I often get asked by reporters and bloggers alike exactly how bad scraping is on the Web. I discuss my past experiments on the topic and how, depending on your keywords, suspicious traffic starts showing up with the first post.
However, as I was searching for information on IE7 security flaws for another site I’m working on, I ran across something that was truly mind-blowing.
On Google Blogsearch, this result (nofollowed) was one of the first to pop up. One look at it and you can clearly tell that it is a scrape of another post. However, kindly enough, the scraper left information about their source. I followed through on that and was taken to this entry (nofollowed), yet another scraped page.
It was only after following the results link there that I was taken to the original post on the IEBlog.

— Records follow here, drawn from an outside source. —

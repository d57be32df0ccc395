//! Three-valued logic.

ghost use Rattle.std.specs.Prelude.{◌≡◌};
ghost use Rattle.cs_model.specs.Truths as spec;

/// The truth of a predicate over a row.
#[derive(Clone, Copy, Debug, PartialEq, Eq)]
pub enum Truth {
    True,
    False,
    /// A value that it speaks of is NULL.
    Unknown,
}

impl Truth {
    /// True or False.
    pub fn from_bool(holds: bool) -> Truth
        ensures { result ≡ spec.truth_if holds }
    {
        if holds { Truth::True } else { Truth::False }
    }

    /// NOT: Unknown stays Unknown.
    pub fn negated(self) -> Truth
        ensures { result ≡ spec.not self }
    {
        match self {
            Truth::True => Truth::False,
            Truth::False => Truth::True,
            Truth::Unknown => Truth::Unknown,
        }
    }

    /// NOT, where it is asked for.
    pub fn negated_if(self, negated: bool) -> Truth
        ensures { result ≡ spec.not_if negated self }
    {
        if negated { self.negated() } else { self }
    }

    /// AND: False where a part is False, else Unknown where one is Unknown.
    pub fn and(self, other: Truth) -> Truth
        ensures { result ≡ spec.and self other }
    {
        match (self, other) {
            (Truth::False, _) | (_, Truth::False) => Truth::False,
            (Truth::True, Truth::True) => Truth::True,
            _ => Truth::Unknown,
        }
    }

    /// OR: True where a part is True, else Unknown where one is Unknown.
    pub fn or(self, other: Truth) -> Truth
        ensures { result ≡ spec.or self other }
    {
        match (self, other) {
            (Truth::True, _) | (_, Truth::True) => Truth::True,
            (Truth::False, Truth::False) => Truth::False,
            _ => Truth::Unknown,
        }
    }
}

It is stunning, though not surprising, to think that scraping is so common that scrapers are picking up each other’s blogs. What makes this situation somewhat unique is that we were able to follow the trail since both scraper sites link to their original source. However, it shows the potential for a post to get scraped again and again as its copies get picked up by other spambots.
In short, every feed your work appears on can, and most likely will, be scraped, even if the appearance is unwanted. It may even be possible to piece together much longer chains of scraping, where you end up with a fifth or sixth generation scrape.
In this case, the first feed was most likely a scrape of a search engine feed such as Google Blogsearch or Technorati. The second one is a news site that, it appears, is reposting and redistributing the entire content of feeds in certain places, though stripping formatting in the process.
This gives us yet another reason to get a handle on our RSS feeds and make sure that they don’t fall in the wrong hands to begin with. Though these sites attributed their use, most are not so generous and even attributed scraping can cause problems.
All in all, it is best to be mindful of this problem and respond accordingly.